In the late Neoclassical period, an Empire-style dress typically had a straighter silhouette than the natural female form. The dress was high-waisted. The shape of the female form was de-emphasized. By 1825, we see the effect of Romanticism in clothing. The Romantics believed that women, like men, had the right to reveal and revel in their individuality. This was the most fundamental form of self-expression.
Nothing is a greater declaration of self than to celebrate the natural female form through clothes. In this fine example from the Romantic period, several features of the dress, not found in the earlier period, draw attention to the female form. The full skirt, the shoulder details, and the large gigot sleeves (which appeared only around 1830) work together to make the waist appear smaller, emphasizing the curves of the female figure.

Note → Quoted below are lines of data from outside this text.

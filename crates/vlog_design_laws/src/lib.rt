// Laws of the designs of Verilog files.
//
// The public contract in plain words: the design of a Verilog file that is a value, under any top and of any size, can be written as an EDIF
// text: its names have at most 1,048,000 bytes, and its strings, numbers and ranges are within the limits of both languages. Names of Verilog
// have at most 1,024 bytes (IEEE 1364-2005, 3.7), a bit of a vector is named with its index behind, and a literal that is kept as a string has
// at most 131,072 bytes and its size.
#![tactic(auto)]

pub mod laws;
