// The laws, as contracts of functions over the definitions alone.
ghost use Rattle.net_hier.specs.Design.{Design};
ghost use Rattle.net_values.specs.ShortNames.{HasShortNames};
ghost use Rattle.net_values.specs.Sound.{IsSound};
ghost use Rattle.vlog_design.specs.Names.{Name};
ghost use Rattle.vlog_design_laws.specs.Designs.{IsVlogDesign};
ghost use Rattle.vlog_values.specs.Values.{IsVlogValue};
ghost use Rattle.vlog_values.specs.declared.module.VlogFile.{VlogFile};

/// The design of a Verilog file that is a value can be written in EDIF: its names are short, and its values are sound.
pub fn designs_are_writable()
    ensures short { (file : VlogFile) (top : Name) (design : Design)
        → IsVlogValue file → IsVlogDesign file top design → HasShortNames design }
    ensures sound { (file : VlogFile) (top : Name) (design : Design)
        → IsVlogValue file → IsVlogDesign file top design → IsSound design }
{}
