//! That counts may be sent to threads and shared between them.

use crate::counts::Counts;

/// Takes what may be sent and shared, and nothing else.
fn crosses_threads<T: Send + Sync>(_value: &T) {}

/// Compiles as long as counts may be sent and shared.
fn counts_cross_threads(counts: &Counts) {
    crosses_threads(counts);
}
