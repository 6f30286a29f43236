//! Moves between lists, for a join that takes all its memory before it changes anything.

ghost use Rattle.std.specs.Prelude.{◌≡◌, ◌+◌, ◌<◌, ◌≤◌, [], ◌∷◌, ◌++◌, IfOk, vec_len, vec_capacity};
ghost use Rattle.std.specs.VecDeque.{deque_len};

use outside::Memory;
use std::alloc::Global;
use std::collections::VecDeque;

/// An empty list with room for the elements of two lists, of `ours` and `news` elements.
pub fn room_for<T: Drop>(alloc: Global, ours: usize, news: usize) -> Result<Vec<T>, Memory>
    ensures empty { IfOk result (λ room. room.items ≡ []) }
    ensures capacity { IfOk result (λ room. ours + news ≤ vec_capacity room) }
{
    let count = ours.checked_add(news).ok_or(Memory)?;
    let room = Vec::with_capacity(alloc, count)?;
    Ok(room)
}

/// Moves the first element to the end of a list that has room for it. It takes no memory.
pub fn move_first<T: Drop>(from: &mut VecDeque<T>, into: &mut Vec<T>)
    requires some { 0 < deque_len from.old }
    requires room { vec_len into.old < vec_capacity into.old }
    ensures moved { (first : T) × (from.old.items ≡ first ∷ from.new.items)
        × (into.new.items ≡ into.old.items ++ first ∷ []) }
    ensures fewer { deque_len from.old ≡ deque_len from.new + 1 }
    ensures more { vec_len into.new ≡ vec_len into.old + 1 }
    ensures capacity { vec_capacity into.old ≤ vec_capacity into.new }
{
    if let Some(first) = from.pop_front() {
        into.push(first).unwrap();
    }
}

/// Moves all elements to the end of a list that has room for them. It takes no memory.
pub fn move_rest<T: Drop>(mut from: VecDeque<T>, into: &mut Vec<T>)
    requires { vec_len into.old + deque_len from ≤ vec_capacity into.old }
    ensures moved { into.new.items ≡ into.old.items ++ from.items }
    ensures more { vec_len into.new ≡ vec_len into.old + deque_len from }
    ensures capacity { vec_capacity into.old ≤ vec_capacity into.new }
{
    while !from.is_empty() {
        move_first(&mut from, into);
    }
}
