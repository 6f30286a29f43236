//! Values that are joined, entries of keys with such values, and the counts of writers.
//!
//! A [`Lattice`] is a type of values with a join: commutative, associative and idempotent, as its
//! impl has to prove.
//!
//! ```rust
//! let mut counts = Counts::of(alloc, b"cart", 3)?;
//! counts.join(&Counts::of(alloc, b"gateway", 1)?)?;
//! counts.total()                                            // 4
//! ```
#![tactic(auto)]

mod counts;
pub mod entries;
mod keys;
mod lattice;
pub mod moves;
mod sharing;

pub use counts::{Counts, counts_join_is_union};
pub use keys::Keys;
pub use lattice::{Lattice, join_repeats, joins_commute, joins_regroup, keeps_join_laws};
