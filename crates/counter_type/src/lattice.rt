//! Values that are joined.

ghost use Rattle.std.specs.Prelude.{◌≡◌, ◌↔◌, IsTrue, IfOk, OnOk, OnErr};
ghost use Rattle.counter_type.specs.Lattice.{LatticeLaws};

use outside::Memory;

/// Values of which two that are alike are joined: the join says all that either says, and nothing
/// else. Its order, grouping and repetition change nothing.
///
/// `proper` holds of every value of the type, and is what the laws rest on; `is_bottom` tells it of
/// a value. `alike` says of two values that they may be joined, `joined` is their join, and a
/// `bottom` says nothing.
pub trait Lattice: Drop {
    ghost proper: { Self → Type 0 };

    ghost alike: { Self → Self → Type 0 };

    ghost joined: { Self → Self → Self };

    ghost bottom: { Self → Type 0 };

    /// Joins the other value to this one. Where memory runs out, this one stays unchanged.
    fn join(&mut self, other: &Self) -> Result<(), Memory>
        requires { alike self.old other.now }
        ensures ok { OnOk result (self.new ≡ joined self.old other.now) }
        ensures err { OnErr result (self.new ≡ self.old) };

    /// Whether the value says nothing.
    fn is_bottom(&self) -> bool
        ensures known { proper self.now }
        ensures value { IsTrue result ↔ bottom self.now };

    /// The same value again.
    fn copy(&self) -> Result<Self, Memory>
        ensures { IfOk result (λ made. made ≡ self.now) };

    ghost laws: { LatticeLaws proper alike joined bottom };
}

/// The lattice of one value, which says nothing. A set is a map to it.
impl Lattice for () {
    ghost use Rattle.counter_type.specs.Lattice.{unit_laws};

    ghost proper = { λ _. Unit {0} };

    ghost alike = { λ _ _. Unit {0} };

    ghost joined = { λ unit _. unit };

    ghost bottom = { λ _. Unit {0} };

    ghost laws = { unit_laws };

    fn join(&mut self, _other: &()) -> Result<(), Memory> {
        Ok(())
    }

    fn is_bottom(&self) -> bool {
        true
    }

    fn copy(&self) -> Result<(), Memory> {
        Ok(())
    }
}

/// The laws of the join hold for every lattice.
pub fn keeps_join_laws<L: Lattice>()
    ensures { LatticeLaws L.proper L.alike L.joined L.bottom }
{}

/// The joins of two values in both orders. They are one value.
pub fn joins_commute<L: Lattice>(a: &L, b: &L) -> Result<(L, L), Memory>
    requires { L.alike a.now b.now }
    ensures first { IfOk result (λ joins. joins.0 ≡ L.joined a.now b.now) }
    ensures second { IfOk result (λ joins. joins.1 ≡ L.joined b.now a.now) }
    ensures same { IfOk result (λ joins. joins.0 ≡ joins.1) }
{
    // for the proof: these calls tell that the values are proper
    let _ = a.is_bottom();
    let _ = b.is_bottom();
    let mut first = a.copy()?;
    first.join(b)?;
    let mut second = b.copy()?;
    second.join(a)?;
    Ok((first, second))
}

/// The joins of three values in both groupings. They are one value.
pub fn joins_regroup<L: Lattice>(a: &L, b: &L, c: &L) -> Result<(L, L), Memory>
    requires first_two { L.alike a.now b.now }
    requires last_two { L.alike b.now c.now }
    requires ends { L.alike a.now c.now }
    ensures first { IfOk result (λ joins. joins.0 ≡ L.joined (L.joined a.now b.now) c.now) }
    ensures second { IfOk result (λ joins. joins.1 ≡ L.joined a.now (L.joined b.now c.now)) }
    ensures same { IfOk result (λ joins. joins.0 ≡ joins.1) }
{
    // for the proof: these calls tell that the values are proper
    let _ = a.is_bottom();
    let _ = b.is_bottom();
    let _ = c.is_bottom();
    let mut first = a.copy()?;
    first.join(b)?;
    first.join(c)?;
    let mut rest = b.copy()?;
    rest.join(c)?;
    let mut second = a.copy()?;
    second.join(&rest)?;
    Ok((first, second))
}

/// The join of a value with itself. It is the value.
pub fn join_repeats<L: Lattice>(value: &L) -> Result<L, Memory>
    ensures { IfOk result (λ joined. joined ≡ value.now) }
{
    // for the proof: this call tells that the value is proper
    let _ = value.is_bottom();
    let mut joined = value.copy()?;
    joined.join(value)?;
    Ok(joined)
}
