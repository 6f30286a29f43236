//! Keys in order.

ghost use Rattle.std.specs.Prelude.{◌≡◌, IfOk};
ghost use Rattle.std.specs.Cmp.{IsTotalOrder};
ghost use Rattle.counter_type.specs.Entries.{IsExact};
ghost use Rattle.std.specs.declared.cmp.Ordering.{Ordering};

use outside::Memory;
use std::cmp::Ordering;

/// What keys are compared and copied by.
///
/// `fits` says of a key that it may be compared, `order` is how. The order is `total`, and two keys
/// that fit and tie are one key: it is `exact`.
pub trait Keys {
    /// The keys.
    type Key: Drop;

    ghost fits: { Self → Self.Key → Type 0 };

    ghost order: { Self → Self.Key → Self.Key → Ordering };

    /// The order of two keys. It takes no memory.
    fn compare(&self, a: &Self::Key, b: &Self::Key) -> Ordering
        requires a_fits { fits self.now a.now }
        requires b_fits { fits self.now b.now }
        ensures { result ≡ order self.now a.now b.now };

    /// The same key again.
    fn copy_key(&self, key: &Self::Key) -> Result<Self::Key, Memory>
        ensures { IfOk result (λ copied. copied ≡ key.now) };

    ghost total: { (keys : Self) → IsTotalOrder (order keys) };

    ghost exact: { (keys : Self) → IsExact (fits keys) (order keys) };
}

I love the dainty cotton floral print dresses of the Romantic period. This one has a charming design featuring almost filigreed ferns in floral setting. What an irony that such a fine floral print was now affordable only because of the industrial revolution, against which Romanticism was a violent protest! The wearer of this lovely dress might have been strolling in a garden reading a Gothic novel or a poem by Byron.
The dress is completely hand sewn. The sewing machine was invented around this time but was not yet in widespread use. Skirt seams are sewn with a plain running stitch, while seams that need more support, e.g., at the armholes, are back stitched.
The dress is fashioned from a ribbon-weave cotton with alternating sheer voile and opaque stripes. The bodice, lined with ivory cotton, is boned at the sides. It closes in back with brass hooks and eyes. The bodice seams and edges are outlined with narrow self-cording.
The condition is very good to excellent. There are no alterations to the original style, and there is no structural damage. There are several stains on the skirt. They get lost in the folds. See the pictures below. The largest stain (3 1/2" by 1 1/4") is so pale that I had trouble finding it again.
It measures: 28" bust, 22" waist and 36 1/2" skirt length.